Economic rebound seen in K.C., other U.S. cities

? Based on reports from Kansas City and three other U.S. cities, the weak economy finally may be emerging from the doldrums, the Federal Reserve said Wednesday.

In a survey of business conditions around the country, the central bank said four of its 12 districts Dallas, Kansas City, New York and Minneapolis showed indications of increased economic activity. Not one region reported further deteriorating conditions since the end of the Iraq war.

“I sense that the Fed believes at the very least the economy has stabilized and there are some nascent signs that we may be turning the corner,” said Mark Zandi, chief economist at Economy.com. “It is still a very cautious report with a lot of qualifiers.”

Fed policy-makers will use the report when they meet to review interest rates on June 24-25.

Even with the slightly more upbeat tone, analysts said they were convinced that the central bank again would lower interest rates. The Fed’s target for the federal funds rate, the interest that banks charge each other, is at 1.25 percent, a 41-year low.

“The good news is that things aren’t getting any worse and most likely the economy is stabilizing after the Iraq war,” said Sung Won Sohn, chief economist at Wells Fargo in Minneapolis. “But on the other hand, the economy isn’t out of the woods yet.”

Many Fed regions still described conditions as “sluggish,” “subpar” and “subdued,” according to the survey.

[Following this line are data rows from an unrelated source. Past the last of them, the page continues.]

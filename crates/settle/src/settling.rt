//! The graphs that a graph is, where none of some registers names a node of a segment.
ghost use Rattle.std.specs.Prelude.{◌≡◌, ◌↔◌, [], ◌∷◌, ◌++◌, false, true, reverse, flat_map, IfOk, IfErr, OnOk};
ghost use Rattle.std.specs.List.{All, list_any};
ghost use Rattle.graph.specs.declared.parts.Parts.{Parts};
ghost use Rattle.graph.specs.Meaning.{StandsFor};
ghost use Rattle.graph.specs.State.{State};
ghost use Rattle.changes.specs.Posted.{SomeStandsFor};
ghost use Rattle.materialise.specs.Kept.{HoldsAsBefore};
ghost use Rattle.settle.specs.Parted.{is_beyond, AreParted};
ghost use Rattle.settle.specs.Settled.{first_cases, name_no_segment, settled, is_too_large};

use crate::cases::first_cases;
use cbase::{List, NoMemory, Stop};
use graph::Graph;
use std::alloc::Global;

/// Puts cases behind others, the last one first.
fn push_back(cases: List<Graph>, left: &mut Vec<Graph>) -> Result<(), NoMemory>
    ensures { OnOk result (left.new.items ≡ left.old.items ++ reverse cases) }
{
    let mut cases = cases.into_vec();
    while let Some(case) = cases.pop() {
        left.push(case)?;
    }
    Ok(())
}

/// Settles the graphs that are left, the last one first.
fn settle_all(
    alloc: Global,
    registers: &[u32],
    left: &mut Vec<Graph>,
    done: &mut List<Graph>,
) -> Result<(), Stop>
    requires empty { done.old ≡ [] }
    ensures ok { OnOk result (done.new ≡ flat_map (settled registers.now) (reverse left.old.items)) }
    ensures within { OnOk result (list_any (is_too_large registers.now) left.old.items ≡ false) }
    ensures names { OnOk result (All (λ graph. name_no_segment registers.now graph ≡ true) done.new) }
    ensures parted { OnOk result ((parts : Parts) → AreParted parts (reverse left.old.items) → AreParted parts done.new) }
    ensures large { IfErr result (λ stop. stop ≡ Stop.Large → list_any (is_too_large registers.now) left.old.items ≡ true) }
{
    while let Some(graph) = left.pop() {
        match first_cases(alloc, &graph, registers) {
            Err(stop) => {
                drop(graph);
                return Err(stop);
            }
            Ok(None) => match done.push(graph) {
                Ok(()) => {}
                Err(NoMemory) => return Err(Stop::NoMemory),
            },
            Ok(Some(cases)) => {
                drop(graph);
                match push_back(cases, left) {
                    Ok(()) => {}
                    Err(NoMemory) => return Err(Stop::NoMemory),
                }
            }
        }
    }
    Ok(())
}

/// The graphs of some cases, one behind the other.
fn cases_settled(alloc: Global, cases: List<Graph>, registers: &[u32]) -> Result<List<Graph>, Stop>
    ensures ok { IfOk result (λ graphs. graphs ≡ flat_map (settled registers.now) cases) }
    ensures within { IfOk result (λ _. list_any (is_too_large registers.now) cases ≡ false) }
    ensures names { IfOk result (λ graphs. All (λ graph. name_no_segment registers.now graph ≡ true) graphs) }
    ensures parted { IfOk result (λ graphs. (parts : Parts) → AreParted parts cases → AreParted parts graphs) }
    ensures large { IfErr result (λ stop. stop ≡ Stop.Large → list_any (is_too_large registers.now) cases ≡ true) }
{
    let mut left = Vec::new(alloc);
    let mut done = List::new(alloc);
    match push_back(cases, &mut left) {
        Err(NoMemory) => Err(Stop::NoMemory),
        Ok(()) => match settle_all(alloc, registers, &mut left, &mut done) {
            Ok(()) => Ok(done),
            Err(stop) => Err(stop),
        },
    }
}

/// A copy of a graph alone.
fn copy_alone(alloc: Global, graph: &Graph) -> Result<List<Graph>, Stop>
    ensures ok { IfOk result (λ graphs. graphs ≡ graph.now ∷ []) }
    ensures small { IfErr result (λ stop. stop ≡ Stop.NoMemory) }
{
    match graph.copied(alloc) {
        Err(stop) => Err(stop),
        Ok(copy) => {
            let mut graphs = List::new(alloc);
            match graphs.push(copy) {
                Ok(()) => Ok(graphs),
                Err(NoMemory) => Err(Stop::NoMemory),
            }
        }
    }
}

/// The graphs that a graph is, where none of these registers holds the address of a node of a segment. Where none does, that is the graph itself, which is copied.
/// Else the segment that the first of them names is split, by its first node where the register holds the address of that, and else by its last; and so on with
/// each case, in order.
///
/// The graphs stand together for exactly the states for which the graph stands. Each names the same variables, and holds values of the same sizes in the same
/// registers and ports. `Large` comes only where a graph on the way would have 2^30 nodes, and no answer comes there; where that is so of the first split, it comes before
/// memory is taken. A register may stand more than once, or hold nothing. For each split it takes time in proportion to the graph, and to the logarithm of its size for each key; its stack does not grow.
pub fn settled(alloc: Global, graph: &Graph, registers: &[u32]) -> Result<List<Graph>, Stop>
    ensures ok { IfOk result (λ graphs. graphs ≡ settled registers.now graph.now) }
    ensures names { IfOk result (λ graphs. All (λ graph. name_no_segment registers.now graph ≡ true) graphs) }
    ensures means { IfOk result (λ graphs. (state : State) → (StandsFor graph.now state ↔ SomeStandsFor graphs state)) }
    ensures holds { IfOk result (λ graphs. All (HoldsAsBefore graph.now) graphs) }
    ensures within { IfOk result (λ _. is_too_large registers.now graph.now ≡ false) }
    ensures large { IfErr result (λ stop. stop ≡ Stop.Large → is_too_large registers.now graph.now ≡ true) }
    ensures at_once { is_beyond (first_cases graph.now registers.now) ≡ true → result ≡ Err Stop.Large }
{
    let _ = graph.object_count();
    match first_cases(alloc, graph, registers) {
        Err(stop) => Err(stop),
        Ok(None) => copy_alone(alloc, graph),
        Ok(Some(cases)) => cases_settled(alloc, cases, registers),
    }
}
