// Standard input, as the programs read it: to its end, or until a slice is full.
#![tactic(auto)]

ghost use Rattle.std.specs.Prelude.{◌≡◌, ◌≤◌, IfOk, length, take};
ghost use Rattle.std.specs.Io.KnownBytes.{Consumes};
ghost use Rattle.standard_input.specs.Reading.{HasRead, answer_at};

use std::io;
use std::io::Read;

// Reads until the slice is full or the input ends, and answers how many bytes were read. A read that
// fails is handed on as it is, one that a signal interrupts too.
pub fn read_input<R: Read>(reader: &mut R, input: &mut [u8]) -> io::Result<usize>
    ensures fits { IfOk result (λ n. n ≤ length input.old) }
    ensures bytes { IfOk result (HasRead (R.remaining reader.old) (R.remaining reader.new) input.new) }
{
    let mut n = 0;
    while n < input.len() {
        let got = reader.read(&mut input[n..]);
        let more = got.unwrap_or(0);
        if more == 0 {
            return ended(got, n);
        }
        n += more;
    }
    Ok(n)
}

// What is answered once a read gave no byte, n bytes behind it: the read failed, where it answered an error, or the input ended there.
#[tactic(auto, unfolding(crate::specs::Reading::answer_at))]
fn ended(got: io::Result<usize>, n: usize) -> io::Result<usize>
    ensures { result ≡ answer_at got n }
{
    got.map(|_| n)
}

// Reads until the slice is full, the input ends or a read fails, and answers how many bytes were read.
pub fn read_front<R: Read>(reader: &mut R, input: &mut [u8]) -> usize
    ensures fits { result ≤ length input.new }
    ensures bytes { Consumes (R.remaining reader.old) (R.remaining reader.new) (take result input.new) }
{
    let mut done = 0;
    while done < input.len() {
        let more = reader.read(&mut input[done..]).unwrap_or(0);
        if more == 0 {
            return done;
        }
        done += more;
    }
    done
}
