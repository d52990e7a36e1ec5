// Whether two lent slices of words hold the same.
#![tactic(auto)]

ghost use Rattle.std.specs.Prelude.{◌≡◌, ◌≤◌, length, take};
ghost use Rattle.definitions.specs.Words.{same};

// Whether two slices hold the same words. Few are compared one by one; of more the first eight, and then blocks, so that the compiler may compare several
// words at once. The last block ends with the slice, and may begin inside what is compared before.
pub fn equal(x: &[u32], y: &[u32]) -> bool
    ensures { result ≡ same x.now y.now }
{
    let n = x.len();
    if n != y.len() {
        return false;
    }
    if n < 8 {
        return equal_front(x, y, n);
    }
    if !equal_front(x, y, 8) {
        return false;
    }
    if n < 16 {
        return equal_many(&x[n - 8..n], &y[n - 8..n]);
    }
    equal_by_sixteen(x, y)
}

// Whether their first n words are the same, one after the other, up to the first that differs: `==` of the two fronts would be a call at every test.
fn equal_front(x: &[u32], y: &[u32], n: usize) -> bool
    requires { (n ≤ length x.now) × (n ≤ length y.now) }
    ensures { result ≡ same (take n x.now) (take n y.now) }
{
    for i in 0..n {
        if x[i] != y[i] {
            return false;
        }
    }
    true
}

// Whether two slices of one length from 16 on hold the same words: blocks of sixteen, up to the first that differs, and the last sixteen.
fn equal_by_sixteen(x: &[u32], y: &[u32]) -> bool
    requires { (length x.now ≡ length y.now) × (16 ≤ length x.now) }
    ensures { result ≡ same x.now y.now }
{
    let n = x.len();
    for i in 0..n / 16 {
        let a = 16 * i;
        if !equal_many(&x[a..a + 16], &y[a..a + 16]) {
            return false;
        }
    }
    equal_many(&x[n - 16..], &y[n - 16..])
}

// Whether two slices of one length hold the same words: the loop goes to the end, so that the compiler may compare several words at once.
pub fn equal_many(x: &[u32], y: &[u32]) -> bool
    requires { length x.now ≡ length y.now }
    ensures { result ≡ same x.now y.now }
{
    let mut alike = true;
    for (i, word) in x.iter().enumerate() {
        alike &= *word == y[i];
    }
    alike
}
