//! Numbers in LEB128, read and written, with their laws (standard, section 5.2.2).

ghost use Rattle.std.specs.Prelude.{◌≡◌, ℕ, ◌+◌, ◌*◌, ◌<◌, ◌≤◌, ◌^◌, ◌++◌, List, [], ◌∷◌, length, drop, slice_index, Ok, IfOk, OnOk, OnErr, MatchOption};
ghost use Rattle.std.specs.Int.{w32, w64, cast_unsigned};
ghost use Rattle.leb_numbers.specs.Leb.{unsigned_at, signed_at, last_signed, in_bits, shortest, shortest_signed, IsLong, IsOneByte, IsUnsigned, IsSigned, Front};

use std::alloc::{AllocError, Global};
use std::marker::Model;
use thiserror::Error;

/// Why no number was read.
#[derive(Clone, Copy, Debug, PartialEq, Eq, Error)]
pub enum LebFault {
    /// The bytes end first.
    #[error("the number is cut off")]
    Short,
    /// The last byte that may stand there has its high bit.
    #[error("the number is too long")]
    Long,
    /// That byte's unused bits are wrong.
    #[error("the number is too large")]
    Bits,
}

/// Reads an unsigned number of 32 bits (standard, section 5.2.2) at `at`, and moves `at` behind the last
/// byte looked at. Padded spellings are accepted.
pub fn read_u32(bytes: &[u8], at: &mut usize) -> Result<u32, LebFault>
    requires { at.old ≤ length bytes.now }
    ensures exact { (result, at.new) ≡ unsigned_at 32 (drop at.old bytes.now) at.old }
    ensures place { at.new ≤ length bytes.now }
    ensures fits { IfOk result (λ n. n < 2 ^ 32) }
{
    let n = read_unsigned(bytes, at, 32)?;
    Ok(n as u32)
}

/// Reads a signed number of 32 bits, as `read_u32` reads an unsigned one.
pub fn read_s32(bytes: &[u8], at: &mut usize) -> Result<i32, LebFault>
    requires { at.old ≤ length bytes.now }
    ensures exact { (in_bits w32 result, at.new) ≡ signed_at 32 (drop at.old bytes.now) at.old }
    ensures place { at.new ≤ length bytes.now }
{
    let n = read_signed(bytes, at, 32)?;
    Ok((n as u32).cast_signed())
}

/// Reads a signed number of 64 bits, as `read_u32` reads an unsigned one of 32.
pub fn read_s64(bytes: &[u8], at: &mut usize) -> Result<i64, LebFault>
    requires { at.old ≤ length bytes.now }
    ensures exact { (in_bits w64 result, at.new) ≡ signed_at 64 (drop at.old bytes.now) at.old }
    ensures place { at.new ≤ length bytes.now }
{
    let n = read_signed(bytes, at, 64)?;
    Ok(n.cast_signed())
}

// The number of at most so many bits at this place.
#[tactic(auto, using(crate::proofs::LebLemmas::reading))]
fn read_unsigned(bytes: &[u8], at: &mut usize, bits: u32) -> Result<u64, LebFault>
    requires place { at.old ≤ length bytes.now }
    requires bits { bits ≤ 64 }
    ensures exact { (result, at.new) ≡ unsigned_at bits (drop at.old bytes.now) at.old }
    ensures place { at.new ≤ length bytes.now }
    ensures fits { IfOk result (λ n. n < 2 ^ bits) }
{
    if *at == bytes.len() {
        return Err(LebFault::Short);
    }
    let b = bytes[*at] as u64;
    *at += 1;
    if b < 128 {
        if bits < 7 && b >= 1 << bits {
            return Err(LebFault::Bits);
        }
        Ok(b)
    } else if bits <= 7 {
        Err(LebFault::Long)
    } else {
        let high = read_unsigned(bytes, at, bits - 7)?;
        Ok(b - 128 + 128 * high)
    }
}

// The number of so many bits of two's complement at this place.
#[tactic(auto, using(crate::proofs::LebLemmas::signed_reading))]
fn read_signed(bytes: &[u8], at: &mut usize, bits: u32) -> Result<u64, LebFault>
    requires place { at.old ≤ length bytes.now }
    requires bits { bits ≤ 64 }
    requires some { 1 ≤ bits }
    ensures exact { (result, at.new) ≡ signed_at bits (drop at.old bytes.now) at.old }
    ensures place { at.new ≤ length bytes.now }
    ensures fits { IfOk result (λ n. n < 2 ^ bits) }
{
    if *at == bytes.len() {
        return Err(LebFault::Short);
    }
    let b = bytes[*at] as u64;
    *at += 1;
    if b < 128 {
        last_of_signed(b, bits)
    } else if bits <= 7 {
        Err(LebFault::Long)
    } else {
        let high = read_signed(bytes, at, bits - 7)?;
        Ok(b - 128 + 128 * high)
    }
}

// The number of a signed spelling's last byte.
fn last_of_signed(b: u64, bits: u32) -> Result<u64, LebFault>
    requires low { b < 128 }
    requires bits { bits ≤ 64 }
    requires some { 1 ≤ bits }
    ensures exact { result ≡ last_signed bits b }
    ensures fits { IfOk result (λ n. n < 2 ^ bits) }
{
    let half = 1u64 << (bits - 1);
    if b < 64 {
        if b < half { Ok(b) } else { Err(LebFault::Bits) }
    } else if b + half.min(128) < 128 {
        Err(LebFault::Bits)
    } else {
        Ok(half - (128 - b) + half)
    }
}

/// The shortest spelling of a number (standard, section 5.2.2): ten bytes at most. Contracts see the bytes.
#[derive(Drop)]
pub struct Spelling {
    room: [u8; 10],
    used: usize,
}

impl Model for Spelling {
    ghost use Rattle.std.specs.Prelude.{List, ℕ, take, ◌≤◌};

    ghost Value = { List ℕ };

    ghost view = { λ s. take s.used s.room };

    ghost invariant = { λ s. s.used ≤ 10 };
}

impl Spelling {
    /// The spelling of an unsigned number.
    #[tactic(auto, using(crate::proofs::UnsignedSpelling::writing))]
    pub fn of_unsigned(n: u64) -> Spelling
        ensures { result ≡ shortest n }
    {
        let mut text = Spelling::none();
        let mut rest = n;
        while rest >= 128 {
            text.push((rest % 128) as u8 + 128);
            rest /= 128;
        }
        text.push(rest as u8);
        text
    }

    /// The spelling of a signed number of so many bits, given in two's complement.
    #[tactic(auto, using(crate::proofs::SignedSpelling::signed_writing))]
    pub fn of_signed(n: u64, bits: u32) -> Spelling
        requires few { bits ≤ 64 }
        requires some { 1 ≤ bits }
        requires fits { n < 2 ^ bits }
        ensures { result ≡ shortest_signed bits n }
    {
        let mut text = Spelling::none();
        let mut rest = n;
        let mut width = bits;
        loop {
            match as_signed_byte(rest, width) {
                Some(last) => {
                    text.push(last);
                    return text;
                }
                None => text.push((rest % 128) as u8 + 128),
            }
            rest /= 128;
            width -= 7;
        }
    }

    /// The bytes.
    pub fn as_slice(&self) -> &[u8]
        ensures bytes { result.now ≡ self.now }
        ensures few { length result.now ≤ 10 }
    {
        &self.room[..self.used]
    }

    // No byte.
    fn none() -> Spelling
        ensures { result ≡ [] }
    {
        Spelling {
            room: [0; 10],
            used: 0,
        }
    }

    // Appends a byte.
    fn push(&mut self, b: u8)
        requires { length self.old < 10 }
        ensures { self.new ≡ self.old ++ b ∷ [] }
    {
        self.room[self.used] = b;
        self.used += 1;
    }
}

// The one byte that spells a signed number of so many bits, where one does.
fn as_signed_byte(n: u64, bits: u32) -> Option<u8>
    requires few { bits ≤ 64 }
    requires some { 1 ≤ bits }
    requires fits { n < 2 ^ bits }
    ensures { MatchOption result (IsLong bits n) (IsOneByte bits n) }
{
    let half = 1u64 << (bits - 1);
    if n < half {
        if n < 64 { Some(n as u8) } else { None }
    } else if n - half + 64 >= half {
        Some((n - half + 128 - half) as u8)
    } else {
        None
    }
}

/// Appends the shortest spelling of an unsigned number, or leaves `out` as before.
pub fn write_u32(_alloc: Global, out: &mut Vec<u8>, v: u32) -> Result<(), AllocError>
    ensures ok { OnOk result (out.new.items ≡ out.old.items ++ shortest v) }
    ensures err { OnErr result (out.new.items ≡ out.old.items) }
{
    out.extend_from_slice(Spelling::of_unsigned(v as u64).as_slice())
}

/// Appends the shortest spelling of a signed number of 32 bits, or leaves `out` as before.
pub fn write_s32(_alloc: Global, out: &mut Vec<u8>, v: i32) -> Result<(), AllocError>
    ensures ok { OnOk result (out.new.items ≡ out.old.items ++ shortest_signed 32 (cast_unsigned w32 v)) }
    ensures err { OnErr result (out.new.items ≡ out.old.items) }
{
    out.extend_from_slice(Spelling::of_signed(v.cast_unsigned() as u64, 32).as_slice())
}

/// Appends the shortest spelling of a signed number of 64 bits, or leaves `out` as before.
pub fn write_s64(_alloc: Global, out: &mut Vec<u8>, v: i64) -> Result<(), AllocError>
    ensures ok { OnOk result (out.new.items ≡ out.old.items ++ shortest_signed 64 (cast_unsigned w64 v)) }
    ensures err { OnErr result (out.new.items ≡ out.old.items) }
{
    out.extend_from_slice(Spelling::of_signed(v.cast_unsigned(), 64).as_slice())
}

/// The laws of unsigned numbers: reading answers exactly what the bytes spell, no spelling begins another,
/// and the shortest spelling is one, than which none is shorter.
pub fn unsigned_spelling_laws()
    ensures read_is_spelled { (bits : ℕ) (bytes : List ℕ) (at n end : ℕ) → ((i : ℕ) → slice_index bytes i < 256)
        → unsigned_at bits bytes at ≡ (Ok n, end) → Front (λ front. IsUnsigned bits front n) bytes at end }
    ensures spelled_is_read { (bits : ℕ) (front rest : List ℕ) (n at : ℕ) → IsUnsigned bits front n
        → unsigned_at bits (front ++ rest) at ≡ (Ok n, at + length front) }
    ensures one_form { (bits : ℕ) (a b x y : List ℕ) (m n : ℕ) → IsUnsigned bits a m → IsUnsigned bits b n
        → a ++ x ≡ b ++ y → (m ≡ n) × (a ≡ b) }
    ensures shortest_spells { (bits n : ℕ) → n < 2 ^ 64 → n < 2 ^ bits → IsUnsigned bits (shortest n) n }
    ensures none_is_shorter { (bits n : ℕ) (front : List ℕ) → IsUnsigned bits front n → length (shortest n) ≤ length front }
{}

/// The laws of signed numbers, as those of unsigned ones.
pub fn signed_spelling_laws()
    ensures read_is_spelled { (bits : ℕ) (bytes : List ℕ) (at n end : ℕ) → ((i : ℕ) → slice_index bytes i < 256)
        → signed_at bits bytes at ≡ (Ok n, end) → Front (λ front. IsSigned bits front n) bytes at end }
    ensures spelled_is_read { (bits : ℕ) (front rest : List ℕ) (n at : ℕ) → IsSigned bits front n
        → signed_at bits (front ++ rest) at ≡ (Ok n, at + length front) }
    ensures one_form { (bits : ℕ) (a b x y : List ℕ) (m n : ℕ) → IsSigned bits a m → IsSigned bits b n
        → a ++ x ≡ b ++ y → (m ≡ n) × (a ≡ b) }
    ensures shortest_spells { (bits n : ℕ) → 1 ≤ bits → bits ≤ 64 → n < 2 ^ bits → IsSigned bits (shortest_signed bits n) n }
    ensures none_is_shorter { (bits n : ℕ) (front : List ℕ) → IsSigned bits front n → length (shortest_signed bits n) ≤ length front }
{}
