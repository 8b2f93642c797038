//! Numbers in LEB128: how they are spelled, read and written (standard, section 5.2.2).
//!
//! Definitions stand in `specs/Leb.antt`: which number stands at the front of bytes (`unsigned_at`, `signed_at`), which bytes spell a
//! number (`IsUnsigned`, `IsSigned`), padded spellings included, and the shortest spelling (`shortest`, `shortest_signed`). `wa_types`
//! hands all of it on.
#![tactic(auto)]

mod leb;

pub use leb::{
    LebFault, Spelling, read_s32, read_s64, read_u32, signed_spelling_laws, unsigned_spelling_laws,
    write_s32, write_s64, write_u32,
};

It found retail sales stronger than during the Iraq war but below levels of a year ago.

“The unwinding of war-related concerns appears to have provided some lift to business and consumer confidence, but most reports suggest that the effect has not been dramatic,” the survey said.

Many analysts said the only debate at the upcoming Fed meeting would be whether to cut interest rates by one-quarter of a percentage point, the usual Fed move, or by one-half of a point. The Fed’s last rate cut, a half-point, came seven months ago.

Analysts said their certainty was based on comments by Federal Reserve Chairman Alan Greenspan and other Fed officials about the remote threat that economic activity could slow so much it could lead to a prolonged period of deflation, a destabilizing fall in prices. That has not happened since the Great Depression of the 1930s.

Greenspan began talking in late May about the threat of deflation. Since then, interest rates set by financial markets have moved significantly lower. The six-month Treasury bill fell this week below 1 percent for the first time in 45 years. The 10-year Treasury note, which is a major influence on home mortgage rates, has dropped by more than a half-point to around 3.2 percent, the lowest since 1958.

“Fed officials are getting the markets to do their work for them,” said David Wyss, chief economist at Standard & Poor’s in New York. “It is very clear that the markets now expect rates to stay low for some time.”

In a speech Wednesday, Federal Vice Chairman Roger Ferguson described the country’s near-term economic prospects as “still somewhat clouded” and said “preventing deflation remains preferable to reversing it.”

The Fed survey said consumer spending was lackluster in May, and many analysts believe it will not pick up until the unemployment rate turns around.

The jobless rate hit a nine-year high of 6.1 percent in May, the government reported last week, even though the pace of layoffs slowed somewhat.

The Fed’s survey detected some improvements in the manufacturing sector. For example, three districts New York, Minneapolis and Cleveland reported an increase in industrial activity.

The lowest mortgage rates in four decades helped further increase home sales and residential construction. But the survey found that commercial real estate remained in a slump.

The survey found that agricultural production was impaired by wet weather in many parts of the country.